"La grande maladie de l'horreur du domicile." The biggest sickness, wrote the French poet Charles Baudelaire, is horror of the home. It is an idea that comes to life in Pajtim Statovci's second novel Crossing, a timely book that looks to challenge preconceptions about gender.
At the centre are two young Albanian boys who flee their home city of Tirana in the 1990s in the hope of better futures elsewhere.
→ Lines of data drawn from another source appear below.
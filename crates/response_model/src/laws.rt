//! What holds of every plan, every response and every reply.

ghost use Rattle.std.specs.Prelude.{ℕ, Bool, true, false, List, None, Some, ◌≡◌, ◌<◌, ◌≤◌, ◌↔◌};
ghost use Rattle.json.specs.Json.{Json, document};
ghost use Rattle.serde_json.specs.Data.{Data};
ghost use Rattle.serde_json.specs.Read.{max_depth};
ghost use Rattle.serde_json.specs.Written.{has_float, compact_text};
ghost use Rattle.response_model.specs.Plan.{Form, Plan, single};
ghost use Rattle.response_model.specs.Response.{Tree};
ghost use Rattle.response_model.specs.Reading.{NamesDiffer, Reads};
ghost use Rattle.response_model.specs.Cost.{Part, cost};
ghost use Rattle.response_model.specs.Bound.{IsBound, IsResponse, Exceeds, IsSound, greatest_cost};
ghost use Rattle.response_model.specs.Filled.{IsFilled, filled};
ghost use Rattle.response_model.specs.ResponseText.{tree_text};
ghost use Rattle.response_model.specs.WrittenJson.{IsValueText, WritesTree, IsFloatless, nesting};
ghost use Rattle.response_model.specs.AnswerTexts.{IsTreeText};

/// Of every sound plan the recursion over the plan gives the bound, for both parts of the cost.
pub fn greatest_is_bound()
    ensures { (holds : ℕ → Data → Bool) (part : Part) (plan : Plan) → IsSound holds plan → IsBound holds part plan (greatest_cost part plan) }
{}

/// Some response of a sound plan costs more than a number exactly where the greatest cost does.
pub fn greatest_exceeds()
    ensures { (holds : ℕ → Data → Bool) (part : Part) (plan : Plan) (n : ℕ) → IsSound holds plan → (Exceeds holds part plan n ↔ (n < greatest_cost part plan)) }
{}

/// There is one bound of a plan for each part of the cost.
pub fn one_bound()
    ensures { (holds : ℕ → Data → Bool) (part : Part) (plan : Plan) (a b : ℕ) → IsBound holds part plan a → IsBound holds part plan b → a ≡ b }
{}

/// The response that the recursion fills is filled.
pub fn filled_response()
    ensures { (holds : ℕ → Data → Bool) (part : Part) (plan : Plan) → IsSound holds plan → IsFilled part (single true) None plan (filled part plan) }
{}

/// A filled tree is a response that attains the greatest cost.
pub fn filled_attains()
    ensures { (holds : ℕ → Data → Bool) (part : Part) (plan : Plan) (t : Tree) → IsSound holds plan → IsFilled part (single true) None plan t → IsResponse holds plan t × (cost part plan t ≡ greatest_cost part plan) }
{}

/// There is one filled tree.
pub fn one_filled()
    ensures { (part : Part) (plan : Plan) (t s : Tree) → IsFilled part (single true) None plan t → IsFilled part (single true) None plan s → t ≡ s }
{}

/// A JSON value reads as at most one tree, where object types have different names.
pub fn one_reading()
    ensures { (name : ℕ → List ℕ) (alias : List ℕ) (form : Form) (asked : Bool) (plan : Plan) (json : Data) (t s : Tree) → NamesDiffer name → Reads name alias form asked plan json t → Reads name alias form asked plan json s → t ≡ s }
{}

/// A value or a tree that holds no float has one text: the one that serde_json writes compactly.
pub fn one_text_without_floats()
    ensures value { (json : Data) (text : List ℕ) → IsValueText json text → has_float json ≡ false → text ≡ compact_text json }
    ensures tree { (t : Tree) (text : List ℕ) → IsTreeText t text → IsFloatless t → text ≡ tree_text t }
{}

/// The text of a tree is read as JSON by which the tree is written, whatever numbers it holds.
pub fn tree_texts_are_read_back()
    ensures { (t : Tree) (text : List ℕ) → IsTreeText t text → nesting t ≤ max_depth → (j : Json) × WritesTree t j × (document text ≡ Some j) }
{}
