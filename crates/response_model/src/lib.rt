//! The cost of GraphQL responses, and the least bound of it that a plan allows.
//!
//! The words stand in `specs/`: a plan says what an operation may get, with weights and declared sizes (`Plan`);
//! a response is a tree that fits its plan and keeps the declared sizes (`Response`); it has a type cost and a
//! field cost, by the IBM GraphQL Cost Directives Specification (`Cost`); the bound is the least number that no
//! response exceeds (`Bound`). Beside them stand the response that attains the bound (`Filled`), the reading of
//! a JSON reply as a tree (`Reading`), the errors of a response (`Errors`), and the text of a response as a client is
//! answered with it (`ResponseText`). Costs are whole numbers of one unit, which is nowhere named here.
//!
//! The functions of `laws` and `examples` have no body: each carries a law about these words as its contract. Those of
//! `writing` write the pieces of a response's text. `Part` names the two parts of a cost.
#![tactic(auto)]

pub mod examples;
pub mod laws;
mod part;
mod writing;

pub use part::Part;
pub use writing::{write_error_response, write_key, write_string, write_value};
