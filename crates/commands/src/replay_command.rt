//! Replays of the logs in files.

ghost use Rattle.std.specs.Prelude.{◌≡◌, ℕ, List, IfOk, IfErr, OnOk, string_bytes};
ghost use Rattle.thread_plan.specs.Plans.{IsPlanOf};
ghost use Rattle.replica.specs.Log.{log_of};
ghost use Rattle.wasm_replay.specs.Replays.{IsOfRun};
ghost use Rattle.debug_views.specs.Report.{noted_text};
ghost use Rattle.debug_views.specs.ThreadNotes.{AreNotesOfEnd};
ghost use Rattle.commands.specs.Replays.{IsReplayedText, IsReplayEnd, IsReplayRefused, IsReplayReport, IsReplayRefusal, IsThreadsFault, IsRefusedBy};

use crate::fault::Fault;
use crate::files::Files;
use crate::gathered::{ReplayInput, read_replay_input};
use command_words::ReplayRequest;
use debug_views::{Ended, Notes, noted_report, notes_of_end};
use log::Log;
use replica::Log as GatheredLog;
use std::alloc::Global;
use std::sync::Wait;
use std::thread::Threads;
use thread_plan::Plan;
use threaded_replay::replay_threads;
use validator::Valid;
use wasm_record::Unkept;
use wasm_replay::replay_gathered;
use wasm_types::NoMemory;

/// The report of the end of a replay, in turns or by threads, with what is asked for of where threads stand there. The
/// module is read and judged, then the plan, then the piece lines.
pub fn replay<L: Log, T: Threads + Wait + Sync, F: Files>(
    rt: &L,
    threads: &T,
    alloc: Global,
    files: &mut F,
    request: &ReplayRequest<'_>,
    by_threads: bool,
    asked: Notes,
) -> Result<String, Fault>
    ensures replayed { IfOk result (λ text. IsReplayedText (F.holds files.old) request.now asked (string_bytes text)) }
    ensures refused { IfErr result (λ fault. IsReplayRefused (F.holds files.old) (F.fails files.old) request.now by_threads fault) }
{
    let input = match read_replay_input(rt, alloc, files, request) {
        Ok(input) => input,
        Err(fault) => return Err(fault),
    };
    replay_by(threads, alloc, &input, &request.order, by_threads, asked)
}

/// The report of the end of the replay of a log, in turns, first by the order, or by threads.
fn replay_by<T: Threads + Wait + Sync>(
    threads: &T,
    alloc: Global,
    input: &ReplayInput,
    order: &[u32],
    by_threads: bool,
    asked: Notes,
) -> Result<String, Fault>
    requires { IsPlanOf input.now.program.valid input.now.program.plan }
    ensures replayed { IfOk result (λ text. IsReplayReport input.now.program.valid input.now.program.plan (log_of input.now.replica) order.now asked (string_bytes text)) }
    ensures refused { IfErr result (λ fault. IsRefusedBy by_threads input.now.program.valid input.now.program.plan (log_of input.now.replica) order.now fault) }
{
    let ended = match end_by(threads, alloc, input, order, by_threads) {
        Ok(ended) => ended,
        Err(fault) => return Err(fault),
    };
    match noted(alloc, input, order, asked, &ended) {
        Ok(text) => Ok(text),
        Err(NoMemory) => Err(Fault::NoMemory),
    }
}

/// The report of the end of a replay, with what is asked for of where threads stand there. A replay that came to an end
/// comes to no fault when it is made again, so that only memory can be wanting.
fn noted(
    alloc: Global,
    input: &ReplayInput,
    order: &[u32],
    asked: Notes,
    ended: &Ended,
) -> Result<String, NoMemory>
    requires { IsPlanOf input.now.program.valid input.now.program.plan }
    ensures { IfOk result (λ text. (notes : List (List ℕ)) × AreNotesOfEnd input.now.program.valid input.now.program.plan (log_of input.now.replica) order.now asked notes × (string_bytes text ≡ noted_text notes ended.now)) }
{
    let program = &input.program;
    let log = input.replica.log();
    let Ok(notes) = notes_of_end(alloc, &program.valid, &program.plan, log, order, asked) else {
        return Err(NoMemory);
    };
    noted_report(alloc, ended, &notes)
}

/// The end of the replay of a log, in turns, first by the order, or by threads.
fn end_by<T: Threads + Wait + Sync>(
    threads: &T,
    alloc: Global,
    input: &ReplayInput,
    order: &[u32],
    by_threads: bool,
) -> Result<Ended, Fault>
    requires { IsPlanOf input.now.program.valid input.now.program.plan }
    ensures of_run { OnOk result (IsOfRun input.now.program.valid input.now.program.plan (log_of input.now.replica)) }
    ensures ends { IfOk result (IsReplayEnd input.now.program.valid input.now.program.plan (log_of input.now.replica) order.now) }
    ensures refused { IfErr result (λ fault. IsRefusedBy by_threads input.now.program.valid input.now.program.plan (log_of input.now.replica) order.now fault) }
{
    if by_threads {
        end_at_once(threads, alloc, input)
    } else {
        end_in_turns(alloc, input, order)
    }
}

/// The end of the replay of a log by threads, which is the same for every order.
fn end_by_threads<T: Threads + Wait + Sync>(
    threads: &T,
    alloc: Global,
    valid: &Valid,
    plan: &Plan,
    log: &GatheredLog,
) -> Result<Ended, Fault>
    requires { IsPlanOf valid.now plan.now }
    ensures of_run { OnOk result (IsOfRun valid.now plan.now log.now) }
    ensures ends { IfOk result (λ end. (order : List ℕ) → IsReplayEnd valid.now plan.now log.now order end) }
    ensures refused { IfErr result (λ fault. IsThreadsFault valid.now plan.now log.now fault) }
{
    match replay_threads(threads, alloc, valid, plan, log, &Unkept) {
        Ok(ended) => Ok(ended),
        Err(refused) => Err(Fault::Replay(refused)),
    }
}

/// The same of the log in files.
fn end_at_once<T: Threads + Wait + Sync>(
    threads: &T,
    alloc: Global,
    input: &ReplayInput,
) -> Result<Ended, Fault>
    requires { IsPlanOf input.now.program.valid input.now.program.plan }
    ensures of_run { OnOk result (IsOfRun input.now.program.valid input.now.program.plan (log_of input.now.replica)) }
    ensures ends { IfOk result (λ end. (order : List ℕ) → IsReplayEnd input.now.program.valid input.now.program.plan (log_of input.now.replica) order end) }
    ensures refused { IfErr result (λ fault. IsThreadsFault input.now.program.valid input.now.program.plan (log_of input.now.replica) fault) }
{
    let program = &input.program;
    end_by_threads(
        threads,
        alloc,
        &program.valid,
        &program.plan,
        input.replica.log(),
    )
}

/// The end of the replay of a log in turns.
fn end_in_turns(alloc: Global, input: &ReplayInput, order: &[u32]) -> Result<Ended, Fault>
    requires { IsPlanOf input.now.program.valid input.now.program.plan }
    ensures of_run { OnOk result (IsOfRun input.now.program.valid input.now.program.plan (log_of input.now.replica)) }
    ensures ends { IfOk result (IsReplayEnd input.now.program.valid input.now.program.plan (log_of input.now.replica) order.now) }
    ensures refused { IfErr result (λ fault. IsReplayRefusal input.now.program.valid input.now.program.plan (log_of input.now.replica) order.now fault) }
{
    let program = &input.program;
    let log = input.replica.log();
    match replay_gathered(alloc, &program.valid, &program.plan, log, order) {
        Ok(ended) => Ok(ended),
        Err(refused) => Err(Fault::Replay(refused)),
    }
}
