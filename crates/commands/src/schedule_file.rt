//! The schedules in files.

ghost use Rattle.std.specs.Prelude.{ℕ, List, IfOk, IfErr};
ghost use Rattle.commands.specs.Records.{IsScheduleFile, IsScheduleRefused};

use crate::fault::Fault;
use crate::files::{Files, InputFile, read_file};
use crate::quotes::schedule_quote;
use log::Log;
use pick_schedule::{SCHEDULE_BEGINNING, Schedule, schedule};
use std::alloc::Global;

/// The picks of the schedule in a file. No more is read of it than a schedule can have, and one byte.
pub(crate) fn read_schedule<L: Log, F: Files>(
    rt: &L,
    alloc: Global,
    files: &mut F,
    path: &str,
) -> Result<Schedule, Fault>
    ensures found { IfOk result (λ picks. IsScheduleFile (F.holds files.old path.now) picks) }
    ensures refused { IfErr result (λ fault. IsScheduleRefused (F.holds files.old path.now) (F.fails files.old path.now) fault) }
{
    let beginning = match read_file(rt, alloc, files, path, Some(SCHEDULE_BEGINNING)) {
        Ok(beginning) => beginning,
        Err(fault) => return Err(Fault::File(fault, InputFile::Schedule)),
    };
    match schedule(alloc, &beginning) {
        Ok(picks) => Ok(picks),
        Err(fault) => Err(Fault::Schedule(fault, schedule_quote(&beginning, &fault))),
    }
}
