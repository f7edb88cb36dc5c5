//! The modules and plans in files.

ghost use Rattle.std.specs.Prelude.{◌≡◌, ℕ, List, IfOk, IfErr, take};
ghost use Rattle.thread_plan.specs.Plans.{IsPlanOf};
ghost use Rattle.commands.specs.Checks.{IsModule, IsDecodeFault, IsValidFile, IsModuleRefused};
ghost use Rattle.commands.specs.Inputs.{IsPlanFile, IsPlanRefused, IsProgram, IsProgramRefused};

use crate::fault::Fault;
use crate::files::{Files, InputFile, read_file};
use crate::quotes::{import_names, plan_quote};
use binary_decoder::{DecodeFault, decode};
use log::Log;
use std::alloc::Global;
use thread_plan::Plan;
use validator::{Valid, validate};
use wasm_types::Module;

/// How many bytes of a module's file are read at most: one more than a module can have.
pub(crate) const MODULE_BEGINNING: usize = 1_048_577;

/// The module that the bytes of a file spell, of which this is the beginning.
fn decode_beginning(alloc: Global, beginning: &[u8]) -> Result<Module, DecodeFault>
    ensures found { IfOk result (λ m. (bytes : List ℕ) → beginning.now ≡ take MODULE_BEGINNING bytes → IsModule bytes m) }
    ensures refused { IfErr result (λ fault. (bytes : List ℕ) → beginning.now ≡ take MODULE_BEGINNING bytes → IsDecodeFault bytes fault) }
{
    decode(alloc, beginning)
}

/// The module in a file, which is valid.
pub(crate) fn read_module<L: Log, F: Files>(
    rt: &L,
    alloc: Global,
    files: &mut F,
    path: &str,
) -> Result<Valid, Fault>
    ensures found { IfOk result (λ valid. IsValidFile (F.holds files.old path.now) valid) }
    ensures refused { IfErr result (λ fault. IsModuleRefused (F.holds files.old path.now) (F.fails files.old path.now) fault) }
    ensures still_holds { (other bytes : List ℕ) → F.holds files.new other bytes → F.holds files.old other bytes }
    ensures still_fails { (other : List ℕ) → F.fails files.new other → F.fails files.old other }
{
    let beginning = match read_file(rt, alloc, files, path, Some(MODULE_BEGINNING)) {
        Ok(beginning) => beginning,
        Err(fault) => return Err(Fault::File(fault, InputFile::Module)),
    };
    let module = match decode_beginning(alloc, &beginning) {
        Ok(module) => module,
        Err(fault) => return Err(Fault::Decode(fault, import_names(&beginning, &fault))),
    };
    match validate(alloc, module) {
        Ok(valid) => Ok(valid),
        Err(fault) => Err(Fault::Valid(fault)),
    }
}

/// The plan for a module in a file.
fn read_plan<L: Log, F: Files>(
    rt: &L,
    alloc: Global,
    files: &mut F,
    path: &str,
    valid: &Valid,
) -> Result<Plan, Fault>
    ensures found { IfOk result (λ plan. IsPlanFile (F.holds files.old path.now) valid.now plan) }
    ensures suits { IfOk result (λ plan. IsPlanOf valid.now plan) }
    ensures refused { IfErr result (λ fault. IsPlanRefused (F.holds files.old path.now) (F.fails files.old path.now) valid.now fault) }
    ensures still_holds { (other bytes : List ℕ) → F.holds files.new other bytes → F.holds files.old other bytes }
    ensures still_fails { (other : List ℕ) → F.fails files.new other → F.fails files.old other }
{
    let bytes = match read_file(rt, alloc, files, path, None) {
        Ok(bytes) => bytes,
        Err(fault) => return Err(Fault::File(fault, InputFile::Plan)),
    };
    match Plan::read(alloc, &bytes, valid) {
        Ok(plan) => Ok(plan),
        Err(fault) => Err(Fault::Plan(fault, plan_quote(&bytes, &fault))),
    }
}

/// A module, and a plan for it.
#[derive(Drop)]
pub struct Program {
    pub valid: Valid,
    pub plan: Plan,
}

/// The module and the plan in two files. The module is read and judged, then the plan.
pub(crate) fn read_program<L: Log, F: Files>(
    rt: &L,
    alloc: Global,
    files: &mut F,
    module_path: &str,
    plan_path: &str,
) -> Result<Program, Fault>
    ensures found { IfOk result (λ program. IsProgram (F.holds files.old) module_path.now plan_path.now program.valid program.plan) }
    ensures suits { IfOk result (λ program. IsPlanOf program.valid program.plan) }
    ensures refused { IfErr result (λ fault. IsProgramRefused (F.holds files.old) (F.fails files.old) module_path.now plan_path.now fault) }
    ensures still_holds { (other bytes : List ℕ) → F.holds files.new other bytes → F.holds files.old other bytes }
    ensures still_fails { (other : List ℕ) → F.fails files.new other → F.fails files.old other }
{
    let valid = match read_module(rt, alloc, files, module_path) {
        Ok(valid) => valid,
        Err(fault) => return Err(fault),
    };
    match read_plan(rt, alloc, files, plan_path, &valid) {
        Ok(plan) => Ok(Program { valid, plan }),
        Err(fault) => Err(fault),
    }
}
In a deft narrative that splices both voices with myriad backdrops – Berlin, New York, Madrid, Rome and Helsinki – Statovci tells a quietly subversive tale that seeks to highlight the devastating effects of shame.
With his narrators Agim and Bujar, who develop from young boys into unhappy young men, shame is inextricable from family. Agim’s voice dominates the narrative, from a gripping opening section that sees him attempt suicide as an immigrant in Rome in his early 20s. His predicament – “I am a man who cannot be a woman but who can sometimes look like a woman” – gives us a character who does not rest easy from the beginning and, crucially, won’t allow the reader to rest either.
As the book progresses, Agim emerges as an intelligent, kind boy whose struggles with identity, self-esteem, sexuality and gender see him mature into a self-preserving nomad who takes out his bitterness on those around him. In Agim, Statovci has created a complex individual whose morally dubious actions and inability to empathise with others at times border on psychopathy. At the same time, we feel the struggle – the loneliness, loss and degradation – that has brought him to this state. In a more conventional book, Agim might leave behind the bigoted culture in Albania and find happiness in a tolerant Western society. In Crossing, while he finds love and acceptance in locations across the world, it is never enough to quiet the hatred he feels for himself, instilled since childhood.
Agim’s best friend Bujar is the book’s second narrator, running away from the loss of his father to cancer, the disappearance of his sister Ana, and his distraught mother who lies in their poverty-stricken apartment “sprawled on the bed like a torn bag of flour”.
Unlike many contemporary novels, the dual narratives here support each other and each feels rounded and distinct. Statovci is particularly good at writing loss. Bujar’s father has terminal skin cancer – “it all felt utterly silly – to die of something as mundane as sunlight” – and he mirrors the two young narrators in his refusal to go gently into the good night. As his wife urges him to appreciate his life, his happy marriage and two wonderful children, it is his son who takes to heart the response: “The children, he scoffed. Anybody can have children, he continued, turning on his side, and I sensed the bitterness in his movements, in his legs, which he used to kick away the blankets.”
Clear, vivid prose
Crossing is full of insights and thought-provoking reflection, from suicidal ideation to sexual identity and the gender issues of the title: “I’m in a constant struggle with myself whenever I have to move from one place to the next or talk to other people. And that sensation is always present; there isn’t a day that goes by when I don’t think about it, about how inevitable it is that all life will eventually end.”
Statovci, who is 29, writes sensitively of his topics, in clear, vivid prose. The author's family moved from Kosovo to Finland when he was an infant. His debut novel My Cat Yugoslavia (2014) won the Helsingin Sanomat Prize. Crossing won the Toisinkoinen Prize in 2016.
The backdrops of the novel all come easily to life. Most vivid is war-torn Albania and the injustice of geography. As he tries to settle in Rome, Agim is stark on the difference: “People here have time to lick their wounds, to be traumatized for years about something utterly trivial – they have all the time in the world to think about the meaning of life from one day, one month, one year to the next, to wonder what they want to do, what kind of profession they wish to have, while in my homeland newborn babies die of a fever and malnourishment, men die of shots fired to uphold the family honour, and women fleeing from their husbands are killed by the bullets given to their husbands by family during their wedding celebrations.”
Metanarratives run through the book – the allegories of Bujar’s father, the myth and history of Albania, the fictions Agim creates about himself – and all speak back to the painful, confusing subject of home. Early in the narrative Agim assures us that “nobody has to remain the person they were born; we can put ourselves together like a jigsaw”. A confident assertion, but as he travels the world in search of himself, the reader learns that a picture with one missing piece can never be finished.